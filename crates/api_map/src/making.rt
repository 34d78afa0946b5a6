//! The constructors of maps and sets.
ghost use Rattle.std.specs.Prelude.{◌≡◌};
ghost use Rattle.api_map.specs.Making as spec;

use container_outcomes::Outcome;
use object_heap::Heap;
use object_values::{Guard, Object, Pairs};
use pl_types::classes::{HASH_MAP, HASH_SET, LINKED_HASH_MAP, LINKED_HASH_SET};

/// A class of maps.
#[derive(Clone, Copy)]
pub enum MapClass {
    Hash,
    LinkedHash,
}

impl MapClass {
    /// Its number in the catalogue.
    pub fn number(self) -> u32
        ensures { result ≡ spec.number_of_map self }
    {
        match self {
            MapClass::Hash => HASH_MAP,
            MapClass::LinkedHash => LINKED_HASH_MAP,
        }
    }
}

/// A class of sets.
#[derive(Clone, Copy)]
pub enum SetClass {
    Hash,
    LinkedHash,
}

impl SetClass {
    /// Its number in the catalogue.
    pub fn number(self) -> u32
        ensures { result ≡ spec.number_of_set self }
    {
        match self {
            SetClass::Hash => HASH_SET,
            SetClass::LinkedHash => LINKED_HASH_SET,
        }
    }
}

/// The constructor of a map without pairs.
pub fn new_map(heap: &Heap, class: MapClass) -> Outcome
    ensures { result ≡ spec.new_map class }
{
    Outcome::New(Object::Map {
        class: class.number(),
        pairs: Pairs::new(heap.alloc(), heap.seed()),
        guard: Guard::Open,
        changes: 0,
    })
}

/// The constructor of a set without keys.
pub fn new_set(heap: &Heap, class: SetClass) -> Outcome
    ensures { result ≡ spec.new_set class }
{
    Outcome::New(Object::Set {
        class: class.number(),
        items: Pairs::new(heap.alloc(), heap.seed()),
        guard: Guard::Open,
        changes: 0,
    })
}
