//! What comes of what may make a long message.
ghost use Rattle.object_heap.specs.Effects.{Answers};
ghost use Rattle.container_outcomes.specs.declared.outcome.Outcome.{Outcome};
ghost use Rattle.container_outcomes.specs.Outcomes.{WantsMemory, effect};
ghost use Rattle.api_map.specs.Affording.{Affords};

use container_outcomes::Outcome;
use object_heap::{Answer, Heap};

/// What a member comes to, where a message is made only if there is room for it.
pub enum Afforded {
    Told(Outcome),
    /// There is no room for the message.
    NoRoom,
}

impl Drop for Afforded {
    fn drop(self) {
        match self {
            Afforded::Told(_outcome) => {}
            Afforded::NoRoom => {}
        }
    }
}

impl Afforded {
    /// Pays for it, and changes the heap, as for an outcome.
    pub fn settle(self, heap: &mut Heap) -> Answer
        ensures does { (told : Outcome) → Affords heap.old told self → Answers (effect heap.old told) heap.old heap.new result }
        ensures memory { (told : Outcome) → Affords heap.old told self → WantsMemory told result }
    {
        match self {
            Afforded::Told(outcome) => outcome.settle(heap),
            Afforded::NoRoom => Answer::Room,
        }
    }
}
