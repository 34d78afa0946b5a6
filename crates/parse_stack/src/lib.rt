//! The value stack of the parser: the values of the symbols that were read and that no rule has taken yet.
#![tactic(auto)]

mod optional_values;
mod required_values;
mod stack;

pub use stack::Stack;
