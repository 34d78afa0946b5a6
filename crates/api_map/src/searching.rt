//! Comparing with the value of a key, and the first pair that has a value.
ghost use Rattle.std.specs.Prelude.{◌≡◌, ◌≤◌, IfNone, IfSome, Some, length, slice_get};
ghost use Rattle.object_heap.specs.Parts.{pairs_of};
ghost use Rattle.object_values.specs.Pairs.{value_of};
ghost use Rattle.api_map.specs.Searching as spec;

use container_outcomes::{Compared, Found, compare};
use object_heap::Heap;
use object_values::{Pairs, Value};

/// Deep equality with the value that a map has under a key, if it has one.
pub fn compare_with(heap: &Heap, value: &Value, map: u32, key: &Value) -> Compared
    ensures { result ≡ spec.compared_with heap.now.objects value.now (value_of (pairs_of heap.now.objects map) key.now) }
{
    match heap.map_get(map, key) {
        Some(other) => compare(heap, value, other),
        None => Compared::Other,
    }
}

/// The key and the value at a place.
pub fn pair_at(pairs: &Pairs, at: usize) -> Option<(&Value, &Value)>
    ensures none { IfNone result (length pairs.now ≤ at) }
    ensures some { IfSome result (λ pair. slice_get pairs.now at ≡ Some (pair.0.now, pair.1.now)) }
{
    match (pairs.key_at(at), pairs.value_at(at)) {
        (Some(key), Some(value)) => Some((key, value)),
        _ => None,
    }
}

/// The first pair whose value is equal to this one.
pub fn first_of(heap: &Heap, value: &Value, pairs: &Pairs) -> Found
    ensures { result ≡ spec.first_from heap.now.objects value.now 0 pairs.now }
{
    for at in 0..pairs.len() {
        let Some((_, other)) = pair_at(pairs, at) else {
            return Found::Nowhere;
        };
        match compare(heap, value, other) {
            Compared::Same => return Found::At(at),
            Compared::Other => {}
            Compared::Deep => return Found::Deep,
            Compared::Large => return Found::Large,
        }
    }
    Found::Nowhere
}
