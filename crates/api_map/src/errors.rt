//! Exceptions and their messages.
ghost use Rattle.std.specs.Prelude.{◌≡◌, ◌++◌, codes, IfOk};
ghost use Rattle.pl_units.specs.Utf16.{units};
ghost use Rattle.api_map.specs.Entries.{gone};
ghost use Rattle.api_map.specs.Maps.{no_field};
ghost use Rattle.container_outcomes.specs.Outcomes.{Tells};

use container_outcomes::{Outcome, Raised, says};
use object_heap::Heap;
use pl_units::UText;
use std::alloc::{AllocError, Global};

/// An entry whose key is gone.
pub fn gone(heap: &Heap) -> Outcome
    ensures { Tells gone result }
{
    says(heap, Raised::IllegalState, "entry is gone")
}

fn field_message(alloc: Global, field: &[u16]) -> Result<UText, AllocError>
    ensures { IfOk result (λ text. text ≡ units (codes "No field found for [") ++ field.now ++ units (codes "] in mapping")) }
{
    let before = UText::from_utf8(alloc, "No field found for [")?;
    let behind = UText::from_utf8(alloc, "] in mapping")?;
    let mut message = Vec::new(alloc);
    message.extend_from_slice(before.units())?;
    message.extend_from_slice(field)?;
    message.extend_from_slice(behind.units())?;
    UText::from_units(message)
}

/// A field that no document has.
#[tactic(auto, unfolding(crate::specs::Maps::no_field))]
pub fn no_field(heap: &Heap, field: &[u16]) -> Outcome
    ensures { Tells (no_field field.now) result }
{
    match field_message(heap.alloc(), field) {
        Ok(message) => Outcome::Throws(Raised::IllegalArgument, Some(message)),
        Err(_) => Outcome::NoMemory,
    }
}
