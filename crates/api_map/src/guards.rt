//! What may be changed.
ghost use Rattle.std.specs.Prelude.{◌≡◌, Some};
ghost use Rattle.object_heap.specs.Parts.{guard_of, pairs_of};
ghost use Rattle.api_map.specs.Guards as spec;

use crate::searching::pair_at;
use object_heap::Heap;
use object_values::{Guard, Pairs, Value};
use pl_units::UText;

// Whether a text is one of these.
fn is_listed(keys: &[UText], text: &UText) -> bool
    ensures { result ≡ spec.is_listed keys.now text.now }
{
    for at in 0..keys.len() {
        if text.units() == keys[at].units() {
            return true;
        }
    }
    false
}

fn lists(keys: &[UText], key: &Value) -> bool
    ensures { result ≡ spec.lists keys.now key.now }
{
    match key {
        Value::Str(text) => is_listed(keys, text),
        _ => false,
    }
}

fn lets_put(guard: &Guard, key: &Value) -> bool
    ensures { result ≡ spec.may_put (Some guard.now) key.now }
{
    match guard {
        Guard::Open => true,
        Guard::Frozen => false,
        Guard::Keys(keys) => lists(keys.get().as_slice(), key),
        Guard::Mapped => false,
    }
}

/// Whether a value may be put under a key.
pub fn may_put(heap: &Heap, id: u32, key: &Value) -> bool
    ensures { result ≡ spec.may_put (guard_of heap.now.objects id) key.now }
{
    match heap.guard(id) {
        Some(guard) => lets_put(guard, key),
        None => true,
    }
}

fn maps(guard: &Guard) -> bool
    ensures { result ≡ spec.is_mapped (Some guard.now) }
{
    match guard {
        Guard::Open => false,
        Guard::Frozen => false,
        Guard::Keys(_) => false,
        Guard::Mapped => true,
    }
}

/// Whether only fields that are there may be asked for.
pub fn is_mapped(heap: &Heap, id: u32) -> bool
    ensures { result ≡ spec.is_mapped (guard_of heap.now.objects id) }
{
    match heap.guard(id) {
        Some(guard) => maps(guard),
        None => false,
    }
}

fn lets_some(guard: &Guard) -> bool
    ensures { result ≡ spec.takes_puts (Some guard.now) }
{
    match guard {
        Guard::Open => true,
        Guard::Frozen => false,
        Guard::Keys(_) => true,
        Guard::Mapped => false,
    }
}

/// Whether anything may be put at all.
pub fn takes_puts(heap: &Heap, id: u32) -> bool
    ensures { result ≡ spec.takes_puts (guard_of heap.now.objects id) }
{
    match heap.guard(id) {
        Some(guard) => lets_some(guard),
        None => true,
    }
}

fn may_put_pairs(heap: &Heap, id: u32, pairs: &Pairs) -> bool
    ensures { result ≡ spec.may_put_all (guard_of heap.now.objects id) pairs.now }
{
    for at in 0..pairs.len() {
        let Some((key, _)) = pair_at(pairs, at) else {
            return true;
        };
        if !may_put(heap, id, key) {
            return false;
        }
    }
    true
}

/// Whether values may be put under all keys of another map.
pub fn may_put_all(heap: &Heap, id: u32, from: u32) -> bool
    ensures { result ≡ spec.may_put_all (guard_of heap.now.objects id) (pairs_of heap.now.objects from) }
{
    match heap.pairs(from) {
        Some(pairs) => may_put_pairs(heap, id, pairs),
        None => true,
    }
}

- - -

▶ The problem
Whatever else the listing above holds, retype exactly only the lines from the one containing "match compare(heap, value, other)" to the one containing "key is gone.", both ends kept.

▶ Problem solution
        match compare(heap, value, other) {
            Compared::Same => return Found::At(at),
            Compared::Other => {}
            Compared::Deep => return Found::Deep,
            Compared::Large => return Found::Large,
        }
    }
    Found::Nowhere
}
filename crates/api_map/src/errors.rt
//! Exceptions and their messages.
ghost use Rattle.std.specs.Prelude.{◌≡◌, ◌++◌, codes, IfOk};
ghost use Rattle.pl_units.specs.Utf16.{units};
ghost use Rattle.api_map.specs.Entries.{gone};
ghost use Rattle.api_map.specs.Maps.{no_field};
ghost use Rattle.container_outcomes.specs.Outcomes.{Tells};

use container_outcomes::{Outcome, Raised, says};
use object_heap::Heap;
use pl_units::UText;
use std::alloc::{AllocError, Global};

/// An entry whose key is gone.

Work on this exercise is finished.